Computational Analysis of Police Body-Worn Camera Footage
Research Question: What happens during police-civilian interactions? This ongoing work seeks to develop computational methods to automatically generate summaries of police-civilian interactions captured by body-worn cameras. Decades of policing research have relied on self-reported accounts of police-civilian interactions written by police officers. Body-worn camera footage represents a valuable source of data that has gone largely unused due to the time and cost needed to manually review thousands of hours of footage. Our automated system will streamline this process and offer a new data source to study classic questions relating to police oversight, the dynamics of violent escalation, and racial bias in policing.
Data: Body-worn camera footage from the Chicago Police Department (made publicly available by the Chicago Office of Police Accountability); body-worn camera footage from two municipal police agencies acquired through data sharing agreements; body-worn camera footage from additional agencies once an alpha version of the automated system is operational.
Methods: The first step is developing and deploying efficient audio and video annotation interfaces. The interface allows for rapid spatio-temporal coding of key activities in the video, partially automating the process to minimize required human intervention.
The second step is designing and training computer vision and speech analysis models that are able to learn from the data and automatically recognize target activities in new videos. This allows for extracting timelines of key events from videos on an unprecedented scale.

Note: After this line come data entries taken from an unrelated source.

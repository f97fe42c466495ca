//! The command `events`: event lines to the dump of the tree that they build.
ghost use Rattle.std.specs.Prelude.{◌≡◌, [], ◌⊎◌, Ok, Err, MatchResult, string_bytes};
ghost use Rattle.syntax_tool.specs.Lines.{lines_of, ReadsLines};
ghost use Rattle.syntax_tool.specs.Output.{AnswersEvents};

use crate::lines::{add_line, cut};
use crate::refusal::Refusal;
use ra_ap_syntax::SyntaxTreeBuilder;
use std::alloc::Global;

/// A builder with the events of all lines of a text.
///
/// A line is `enter KIND`, `exit` or `token KIND TEXT`; in TEXT, `\n`, `\r`, `\t` and `\\` are
/// escapes, and without it the token is empty. Empty lines are skipped. The first line that has
/// none of these forms (`BadLine`), or names no kind (`BadKind`), refuses; `Memory` as soon as
/// memory runs out. Time linear in the text.
pub fn read_events(alloc: Global, text: &str) -> Result<SyntaxTreeBuilder, Refusal>
    ensures { MatchResult result
        (λ builder. ReadsLines (lines_of text.now) (Ok builder.events) × (builder.faults ≡ []))
        (λ e. (e ≡ Refusal.Memory) ⊎ ReadsLines (lines_of text.now) (Err e)) }
{
    let mut builder = SyntaxTreeBuilder::new(alloc);
    let mut token_text = String::new(alloc);
    let mut rest = text;
    while !rest.is_empty() {
        let (line, after) = cut(rest, '\n');
        if !line.is_empty() {
            add_line(&mut builder, &mut token_text, line)?;
        }
        rest = after;
    }
    Ok(builder)
}

// The dump of the tree that the lines build, or why there is none.
pub(crate) fn events(alloc: Global, text: &str) -> Result<String, Refusal>
    ensures { MatchResult result (λ out. AnswersEvents text.now (Ok (string_bytes out)))
        (λ e. (e ≡ Refusal.Memory) ⊎ AnswersEvents text.now (Err e)) }
{
    let parse = read_events(alloc, text)?.finish()?;
    Ok(parse.syntax_node().dump(alloc)?)
}
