//! One line of an event text.
ghost use Rattle.std.specs.Prelude.{◌≡◌, ◌↔◌, ◌<◌, ◌++◌, ◌∷◌, [], ◌⊎◌, IsTrue, IfOk, OnOk, IfErr, codes};
ghost use Rattle.syntax_kind.specs.Kinds.{kind_name, IsKind};
ghost use Rattle.syntax_kind.specs.declared.syntax_kind.SyntaxKind.{SyntaxKind};
ghost use Rattle.syntax_tool.specs.Lines.{HasNo, IsCut, IsWord, AppendsEvent, RefusesLine};

use crate::escapes::unescape;
use crate::refusal::Refusal;
use ra_ap_syntax::{SyntaxKind, SyntaxTreeBuilder};

// The text before the first `at`, and the text after it; if there is none, the whole text and an
// empty text.
pub(crate) fn cut(text: &str, at: char) -> (&str, &str)
    requires { at < 128 }
    ensures { IsCut at text.now result.0.now result.1.now }
{
    match text.split_once(at) {
        Some(parts) => parts,
        None => (text, ""),
    }
}

// One or more bytes without a space.
fn is_word(text: &str) -> bool
    ensures { IsTrue result ↔ IsWord text.now }
{
    !text.is_empty() && !text.contains(' ')
}

// The kind that a word names.
fn kind_named(word: &str) -> Result<SyntaxKind, Refusal>
    ensures ok { IfOk result (λ k. IsKind k × (kind_name k ≡ word.now)) }
    ensures err { IfErr result
        (λ e. (e ≡ Refusal.BadKind) × ((k : SyntaxKind) → IsKind k → kind_name k ≡ word.now → ⊥)) }
{
    match SyntaxKind::from_name(word) {
        Some(kind) => Ok(kind),
        None => Err(Refusal::BadKind),
    }
}

// Appends the event of a line that is not empty. `text` is room for a token's text.
pub(crate) fn add_line(
    builder: &mut SyntaxTreeBuilder,
    text: &mut String,
    line: &str,
) -> Result<(), Refusal>
    ensures ok { OnOk result (AppendsEvent line.now builder.old builder.new) }
    ensures err { IfErr result (RefusesLine line.now) }
{
    match line.split_once(' ') {
        None => add_exit(builder, line),
        Some(("enter", name)) => add_enter(builder, name),
        Some(("token", rest)) => add_token(builder, text, rest),
        Some(_) => Err(Refusal::BadLine),
    }
}

// `exit`, a line without a space.
fn add_exit(builder: &mut SyntaxTreeBuilder, line: &str) -> Result<(), Refusal>
    requires { HasNo 32 line.now }
    ensures ok { OnOk result (AppendsEvent line.now builder.old builder.new) }
    ensures err { IfErr result (RefusesLine line.now) }
{
    if line != "exit" {
        return Err(Refusal::BadLine);
    }
    builder.finish_node()?;
    Ok(())
}

// `enter KIND`, from the kind on.
fn add_enter(builder: &mut SyntaxTreeBuilder, name: &str) -> Result<(), Refusal>
    ensures ok { OnOk result (AppendsEvent (codes "enter " ++ name.now) builder.old builder.new) }
    ensures err { IfErr result (RefusesLine (codes "enter " ++ name.now)) }
{
    if !is_word(name) {
        return Err(Refusal::BadLine);
    }
    let kind = kind_named(name)?;
    builder.start_node(kind)?;
    Ok(())
}

// `token KIND` or `token KIND TEXT`, from the kind on.
fn add_token(builder: &mut SyntaxTreeBuilder, text: &mut String, rest: &str) -> Result<(), Refusal>
    ensures ok { OnOk result (AppendsEvent (codes "token " ++ rest.now) builder.old builder.new) }
    ensures err { IfErr result (RefusesLine (codes "token " ++ rest.now)) }
{
    let (name, raw) = cut(rest, ' ');
    if name.is_empty() {
        return Err(Refusal::BadLine);
    }
    unescape(text, raw)?;
    let kind = kind_named(name)?;
    builder.token(kind, text.as_str())?;
    Ok(())
}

The third step is computational analysis of the extracted timelines. Long Short Term Memory (LSTM) recurrent neural networks, which are well suited for analyzing path-dependent sequence data, will be used to extract patterns of vocal and physical actions and reactions.

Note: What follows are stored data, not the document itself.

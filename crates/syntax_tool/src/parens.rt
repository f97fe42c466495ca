//! The command `parens`: an expression's text to whether its tree reads back, and the pairs of
//! parentheses that may go.
ghost use Rattle.std.specs.Prelude.{◌≡◌, ◌⊎◌, ◌++◌, Ok, Err, IfOk, OnOk, MatchResult, string_bytes};
ghost use Rattle.syntax_tool.specs.Needless.{verdict_line, pair_lines, IsReport, AnswersParens};

use crate::refusal::Refusal;
use lossless_tree::SyntaxNode;
use operator_pairs::needless::{needless_parens, reads_back};
use ra_ap_syntax::ast::Expr;
use ra_ap_syntax::{AstNode, Edition};
use std::alloc::{AllocError, Global};
use std::fmt::Write;
use tiny_front::Tiny;

fn verdict_line(verdict: Option<bool>) -> &'static str
    ensures { result.now ≡ verdict_line verdict }
{
    match verdict {
        None => "reads_back none\n",
        Some(true) => "reads_back true\n",
        Some(false) => "reads_back false\n",
    }
}

fn push_pairs(out: &mut String, pairs: &[SyntaxNode]) -> Result<(), AllocError>
    ensures { OnOk result (string_bytes out.new ≡ string_bytes out.old ++ pair_lines pairs.now) }
{
    for pair in pairs {
        writeln!(out, "needless {}", pair.text_range())?;
    }
    Ok(())
}

// The answer for a tree.
fn report(alloc: Global, tree: &SyntaxNode) -> Result<String, AllocError>
    ensures { IfOk result (λ out. IsReport tree.now (string_bytes out)) }
{
    let mut out = String::new(alloc);
    out.push_str(verdict_line(reads_back(tree)))?;
    if let Some(pairs) = needless_parens(alloc, tree)? {
        push_pairs(&mut out, pairs.as_slice())?;
    }
    Ok(out)
}

// The answer for an expression's text.
pub(crate) fn parens(alloc: Global, text: &str) -> Result<String, Refusal>
    ensures { MatchResult result (λ out. AnswersParens text.now (Ok (string_bytes out)))
        (λ e. (e ≡ Refusal.Memory) ⊎ AnswersParens text.now (Err e)) }
{
    let parse = Expr::parse(alloc, text, &Tiny, Edition::CURRENT)?;
    let root = parse.syntax_node();
    if !Expr::can_cast(root.kind()) {
        return Err(Refusal::OtherRoot);
    }
    Ok(report(alloc, &root)?)
}
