//! A survey that is printed with the ranges of slots is read back from its text.
ghost use Rattle.std.specs.Prelude.{◌≡◌, length};

use crate::phases::survey;
use crate::servers::book;
use byte_texts::Memory;
use cluster_views::ServerSurvey;
use key_slots::NodeId;
use server_commands::ServerBook;
use std::alloc::Global;
use std::test::Fail;
use survey_files::{FileSurvey, survey_in};
use survey_texts::{put_node_line, put_slots_line, survey_text};

const FIRST: &[u8] = b"\
        aaaaaaaaaaaaaaaaaaaaaaaaaaaaaaaaaaaaaaaa 127.0.0.1:7000@17000 myself,master - 0 0 1 connected 0-5460\n\
        bbbbbbbbbbbbbbbbbbbbbbbbbbbbbbbbbbbbbbbb 127.0.0.1:7001@17001 master - 0 0 2 connected 5461-10922\n\
        cccccccccccccccccccccccccccccccccccccccc 127.0.0.1:7002@17002 master - 0 0 3 connected 10923-16383\n";

const SECOND: &[u8] = b"\
        aaaaaaaaaaaaaaaaaaaaaaaaaaaaaaaaaaaaaaaa 127.0.0.1:7000@17000 master - 0 0 1 connected 0-5460\n\
        bbbbbbbbbbbbbbbbbbbbbbbbbbbbbbbbbbbbbbbb 127.0.0.1:7001@17001 myself,master - 0 0 2 connected 5461-10922\n\
        cccccccccccccccccccccccccccccccccccccccc 127.0.0.1:7002@17002 master - 0 0 3 connected 10923-16383\n";

/// What is printed of it, with the ranges of slots.
fn printed(alloc: Global, book: &ServerBook, survey: &ServerSurvey) -> Result<Vec<u8>, Memory>
    requires { length survey.now.rows ≡ length book.now }
{
    let mut nodes = Vec::new(alloc);
    for number in 0..book.nodes() {
        let node = NodeId::of(number);
        put_node_line(&mut nodes, book, survey, node)?;
        put_slots_line(&mut nodes, survey, node)?;
    }
    survey_text(alloc, nodes.as_slice(), &[], survey, b"")
}

#[test]
fn a_printed_survey_is_read_back(rt: HostRuntime) -> Result<(), Fail> {
    let first = book(rt.alloc())?;
    let survey = survey(rt.alloc(), FIRST, SECOND)?;
    assert_eq!(rt; survey.nodes(), 3);
    let text = printed(rt.alloc(), &first, &survey)?;
    let FileSurvey { book, owners } = survey_in(rt.alloc(), text.as_slice(), &[])?;
    assert_eq!(rt; book.nodes(), 3);
    assert!(rt; owners.same(survey.owners(NodeId::of(0))));
    let again = printed(rt.alloc(), &book, &survey)?;
    assert!(rt; again.as_slice() == text.as_slice());
    Ok(())
}
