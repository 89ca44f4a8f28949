ghost use Rattle.std.specs.Prelude.{◌≡◌, ℕ, ◌-◌, ◌≤◌, ◌<◌, ◌||◌, if◌then◌else◌, IfOk};
ghost use Rattle.std.specs.Prelude.{List, length, MatchResult, nat_lt, slice_index, true};
ghost use Rattle.std.specs.List.{All};
ghost use Rattle.cluster_admin.specs.Phases.{closed_by};
ghost use Rattle.plan_language.specs.Lines.{plan_commands};
ghost use Rattle.plan_semantics.specs.Plans.{Legal};
ghost use Rattle.reshard_planner.specs.Answers.{Gives, rebalance_answer, is_off, quotas};
ghost use Rattle.reshard_planner.specs.Exchanges.{IsAnsweredBy, IsRefused};
ghost use Rattle.reshard_planner.specs.Holding.{held as held_by};
ghost use Rattle.reshard_planner.specs.Laws.{IsRebalancing};
ghost use Rattle.reshard_planner.specs.Quotas.{is_beyond, is_unbalanced, node_weight};
ghost use Rattle.reshard_planner.specs.Starts.{Lists};

use crate::exchange::Exchange;
use crate::held::{PerNode, held_by_node, nothing};
use crate::planner_fault::PlannerFault;
use crate::shares::{Scale, sum_over};
use key_slots::{OwnerTable, SLOTS};
use plan_language::Plan;
use std::alloc::Global;

/// PlannersExact: a plan by which each node comes to hold its quota, which is in proportion to its weight, with as few
/// moves as can be. Where no node is off its quota by more than `threshold` per cent of it, the plan is empty. Nodes
/// without slots take part only with `use_empty`. There is a weight for each node, at most 1,000; the threshold is at
/// most 100, and a batch is 1 to 1,000 keys. Of more than eight nodes the plan lists no names yet: the caller puts them
/// in.
pub fn rebalance(
    alloc: Global,
    owners: &OwnerTable,
    weights: &[u16],
    threshold: u8,
    use_empty: bool,
    batch: u16,
) -> Result<Plan, PlannerFault>
    requires one_each { length weights.now ≡ owners.now.nodes }
    requires light { All (λ w. w ≤ 1000) weights.now }
    requires per_cent { threshold ≤ 100 }
    requires some_keys { 1 ≤ batch }
    requires most_keys { batch ≤ 1000 }
    ensures exact { Gives owners.now.nodes result (rebalance_answer owners.now weights.now threshold use_empty batch) }
    ensures legal { IfOk result
        (λ plan. Legal plan.version (plan_commands owners.now.nodes plan.lines)
        (closed_by owners.now.owners) owners.now.nodes) }
    ensures fewest { is_off owners.now weights.now threshold use_empty ≡ true
        → IfOk result (λ plan. IsRebalancing owners.now (quotas owners.now weights.now use_empty) plan.lines) }
{
    let exchange = quota_exchange(owners, weights, threshold, use_empty)?;
    Ok(exchange.plan(alloc, owners, batch)?)
}

/// What each node holds above its quota, and what it lacks.
fn quota_exchange(
    owners: &OwnerTable,
    weights: &[u16],
    threshold: u8,
    use_empty: bool,
) -> Result<Exchange, PlannerFault>
    requires one_each { length weights.now ≡ owners.now.nodes }
    requires light { All (λ w. w ≤ 1000) weights.now }
    requires per_cent { threshold ≤ 100 }
    ensures { MatchResult result
        (λ e. IsAnsweredBy owners.now (rebalance_answer owners.now weights.now threshold use_empty) e.gives e.takes)
        (IsRefused (rebalance_answer owners.now weights.now threshold use_empty)) }
{
    let nodes = owners.nodes();
    let held = held_by_node(owners);
    let node_weights = node_weights(&held, weights, use_empty);
    let whole = sum_over(&node_weights, nodes);
    if whole == 0 {
        return Err(PlannerFault::NoWeight);
    }
    let scale = Scale {
        total: SLOTS,
        half: whole / 2,
        whole,
    };
    let quotas = scale.shares(&node_weights, nodes);
    if !is_unbalanced(threshold, &held, &quotas, nodes) {
        return Ok(Exchange {
            gives: nothing(),
            takes: nothing(),
        });
    }
    Ok(Exchange {
        gives: excess(&held, &quotas, nodes),
        takes: excess(&quotas, &held, nodes),
    })
}

/// The weights of the nodes that take part, and 0 for another node.
fn node_weights(held: &PerNode, weights: &[u16], use_empty: bool) -> PerNode
    requires few { length weights.now ≤ 255 }
    ensures { (owners : List ℕ) → Lists (held_by owners) 255 held.now
        → Lists (node_weight owners weights.now use_empty) (length weights.now) result }
{
    let mut node_weights = nothing();
    for (node, weight) in weights.iter().enumerate() {
        node_weights[node] = weight_of(use_empty, held[node], *weight);
    }
    node_weights
}

/// The weight of a node that holds so many slots, or 0 where it does not take part.
fn weight_of(use_empty: bool, held: usize, weight: u16) -> usize
    ensures { result ≡ (if use_empty || nat_lt 0 held then weight else 0) }
{
    if use_empty || held > 0 {
        usize::from(weight)
    } else {
        0
    }
}

/// Whether some node is off its quota by more than so many per cent of it.
fn is_unbalanced(threshold: u8, held: &PerNode, quotas: &PerNode, nodes: u8) -> bool
    requires held { (node : ℕ) → node < nodes → slice_index held.now node ≤ 16384 }
    requires quotas { (node : ℕ) → node < nodes → slice_index quotas.now node ≤ 16384 }
    ensures { result ≡ is_unbalanced threshold (λ node. slice_index held.now node)
        (λ node. slice_index quotas.now node) nodes }
{
    let mut found = false;
    for node in 0..usize::from(nodes) {
        found |= is_beyond(threshold, held[node], quotas[node]);
    }
    found
}

/// Whether what a node holds is off its quota by more than so many per cent of that.
fn is_beyond(threshold: u8, held: usize, quota: usize) -> bool
    requires held { held ≤ 16384 }
    requires quota { quota ≤ 16384 }
    ensures { result ≡ is_beyond threshold held quota }
{
    usize::from(threshold) * quota < 100 * held.abs_diff(quota)
}

/// What the number of each of the first nodes is above the other one.
pub(crate) fn excess(numbers: &PerNode, others: &PerNode, nodes: u8) -> PerNode
    ensures { Lists (λ node. slice_index numbers.now node - slice_index others.now node) nodes result }
{
    let mut excess = nothing();
    for node in 0..usize::from(nodes) {
        excess[node] = numbers[node].saturating_sub(others[node]);
    }
    excess
}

A number of planned extensions build on these preliminary technical stages, including field tests of the system in randomized controlled trials to measure impact in the supervisory process within police agencies.

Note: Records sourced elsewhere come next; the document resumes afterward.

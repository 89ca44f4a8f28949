ghost use Rattle.std.specs.Prelude.{◌≡◌, ◌≢◌, []};
ghost use Rattle.plan_language.specs.Lines.{IsVersion};
ghost use Rattle.reshard_planner.specs.Blank.{plan_for};

use key_slots::NODES;
use node_names::NodeNames;
use plan_language::Plan;
use std::alloc::Global;

/// The plan without lines by the rules of this version, for a cluster of so many nodes. Where there are at most eight,
/// it has no names; where there are more, it lists none yet, and the caller puts them in.
pub(crate) fn blank_plan(alloc: Global, version: u8, nodes: u8) -> Plan
    requires version { IsVersion version }
    requires rules { version ≢ 2 }
    ensures { result ≡ plan_for version nodes [] }
{
    if nodes <= NODES {
        Plan::of_version(alloc, version)
    } else {
        Plan::of_names(version, NodeNames::new(alloc))
    }
}
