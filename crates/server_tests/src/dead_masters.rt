//! Dead masters that servers list: one that failed and has no slots is left out, and no other.
use crate::phases::{SOURCE, TARGET, THIRD, view};
use crate::servers::book;
use cluster_survey::masters_of;
use cluster_views::{SurveyFault, survey_of};
use listed_nodes::NodeLines;
use std::alloc::Global;
use std::test::Fail;

/// A replica has its slots.
const GONE: &[u8] =
    b"dddddddddddddddddddddddddddddddddddddddd 127.0.0.1:7003@17003 master,fail - 0 0 4 disconnected\n";

/// Nobody has taken its slot.
const WITH_SLOTS: &[u8] =
    b"dddddddddddddddddddddddddddddddddddddddd 127.0.0.1:7003@17003 master,fail - 0 0 4 disconnected 5\n";

/// It is missed by one server alone.
const SUSPECTED: &[u8] =
    b"dddddddddddddddddddddddddddddddddddddddd 127.0.0.1:7003@17003 master,fail? - 0 0 4 disconnected\n";

/// The list with this line at its end.
fn list(alloc: Global, text: &[u8], line: &[u8]) -> Result<NodeLines, SurveyFault> {
    let mut whole = Vec::from_slice(alloc, text)?;
    whole.extend_from_slice(line)?;
    view(alloc, whole.as_slice())
}

/// How many masters n2's list has with this line.
fn masters_with(alloc: Global, line: &[u8]) -> Result<u8, SurveyFault> {
    let lines = list(alloc, THIRD, line)?;
    let book = masters_of(alloc, lines.get())?;
    Ok(book.nodes())
}

/// What stands against a survey of three servers, of which each lists this line.
fn fault_with(alloc: Global, line: &[u8]) -> Result<Option<SurveyFault>, SurveyFault> {
    let book = book(alloc)?;
    let first = list(alloc, SOURCE, line)?;
    let second = list(alloc, TARGET, line)?;
    let third = list(alloc, THIRD, line)?;
    let Ok(views) = vec![in alloc; first, second, third] else {
        return Err(SurveyFault::Memory);
    };
    match survey_of(alloc, &book, views.as_slice()) {
        Ok(_) => Ok(None),
        Err(fault) => Ok(Some(fault)),
    }
}

#[test]
fn a_dead_master_without_slots_is_no_node(rt: HostRuntime) -> Result<(), Fail> {
    assert!(rt; masters_with(rt.alloc(), GONE)? == 3);
    assert!(rt; masters_with(rt.alloc(), WITH_SLOTS)? == 4);
    assert!(rt; masters_with(rt.alloc(), SUSPECTED)? == 4);
    Ok(())
}

#[test]
fn a_dead_master_without_slots_is_passed_over(rt: HostRuntime) -> Result<(), Fail> {
    assert!(rt; fault_with(rt.alloc(), GONE)?.is_none());
    assert!(rt; fault_with(rt.alloc(), WITH_SLOTS)?.is_some());
    assert!(rt; fault_with(rt.alloc(), SUSPECTED)?.is_some());
    Ok(())
}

Challenges: Modern computer vision activity understanding systems are developed primarily for third person views, making the egocentric body-worn camera footage particularly challenging for existing models. The target events to be detected require an understanding of fine-grained activities in noisy environments through an egocentric viewpoint, and further require multi-modal reasoning through integration of audio, language and visual cues. In addition, obtaining manual annotations of real-world police data is challenging not only due to the sheer scale of the data but also due to the need to minimize potential adverse mental health effects on the annotators.